> _GOAL OF THE EXERCISE_:
Transcribe all of the data, leaving nothing out and changing nothing.

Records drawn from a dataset
=== Section Start ===

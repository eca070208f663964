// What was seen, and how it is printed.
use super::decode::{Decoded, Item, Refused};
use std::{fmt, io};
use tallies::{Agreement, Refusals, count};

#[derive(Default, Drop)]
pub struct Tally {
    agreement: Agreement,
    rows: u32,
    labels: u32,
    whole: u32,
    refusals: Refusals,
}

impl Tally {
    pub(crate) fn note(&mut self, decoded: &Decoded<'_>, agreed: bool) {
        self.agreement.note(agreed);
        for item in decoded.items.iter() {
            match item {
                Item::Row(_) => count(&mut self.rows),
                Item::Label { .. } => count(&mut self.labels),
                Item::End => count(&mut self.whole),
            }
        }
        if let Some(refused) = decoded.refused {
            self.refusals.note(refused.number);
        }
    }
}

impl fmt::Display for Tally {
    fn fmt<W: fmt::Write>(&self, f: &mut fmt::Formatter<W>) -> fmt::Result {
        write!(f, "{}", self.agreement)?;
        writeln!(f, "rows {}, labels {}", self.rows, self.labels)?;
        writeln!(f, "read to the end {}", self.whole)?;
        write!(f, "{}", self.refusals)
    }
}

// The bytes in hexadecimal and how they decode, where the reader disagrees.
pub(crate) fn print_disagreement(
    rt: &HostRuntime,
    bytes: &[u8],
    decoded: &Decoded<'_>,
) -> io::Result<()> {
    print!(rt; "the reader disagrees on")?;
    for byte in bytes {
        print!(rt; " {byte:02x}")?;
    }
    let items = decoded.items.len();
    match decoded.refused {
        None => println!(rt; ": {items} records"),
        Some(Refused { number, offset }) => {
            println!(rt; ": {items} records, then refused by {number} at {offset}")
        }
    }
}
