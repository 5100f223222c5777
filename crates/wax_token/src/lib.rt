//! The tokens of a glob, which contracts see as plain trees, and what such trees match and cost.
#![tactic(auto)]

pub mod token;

=== Section End ===

> _EXERCISE RESULT_:
repository eca070208f663964
// What was seen, and how it is printed.
use super::decode::{Decoded, Item, Refused};
use std::{fmt, io};
use tallies::{Agreement, Refusals, count};

#[derive(Default, Drop)]
pub struct Tally {
    agreement: Agreement,
    rows: u32,
    labels: u32,
    whole: u32,
    refusals: Refusals,
}

impl Tally {
    pub(crate) fn note(&mut self, decoded: &Decoded<'_>, agreed: bool) {
        self.agreement.note(agreed);
        for item in decoded.items.iter() {
            match item {
                Item::Row(_) => count(&mut self.rows),
                Item::Label { .. } => count(&mut self.labels),
                Item::End => count(&mut self.whole),
            }
        }
        if let Some(refused) = decoded.refused {
            self.refusals.note(refused.number);
        }
    }
}

impl fmt::Display for Tally {
    fn fmt<W: fmt::Write>(&self, f: &mut fmt::Formatter<W>) -> fmt::Result {
        write!(f, "{}", self.agreement)?;
        writeln!(f, "rows {}, labels {}", self.rows, self.labels)?;
        writeln!(f, "read to the end {}", self.whole)?;
        write!(f, "{}", self.refusals)
    }
}

// The bytes in hexadecimal and how they decode, where the reader disagrees.
pub(crate) fn print_disagreement(
    rt: &HostRuntime,
    bytes: &[u8],
    decoded: &Decoded<'_>,
) -> io::Result<()> {
    print!(rt; "the reader disagrees on")?;
    for byte in bytes {
        print!(rt; " {byte:02x}")?;
    }
    let items = decoded.items.len();
    match decoded.refused {
        None => println!(rt; ": {items} records"),
        Some(Refused { number, offset }) => {
            println!(rt; ": {items} records, then refused by {number} at {offset}")
        }
    }
}
repository 5100f223222c5777
filename crates/wax_token/src/lib.rt
//! The tokens of a glob, which contracts see as plain trees, and what such trees match and cost.
#![tactic(auto)]

pub mod token;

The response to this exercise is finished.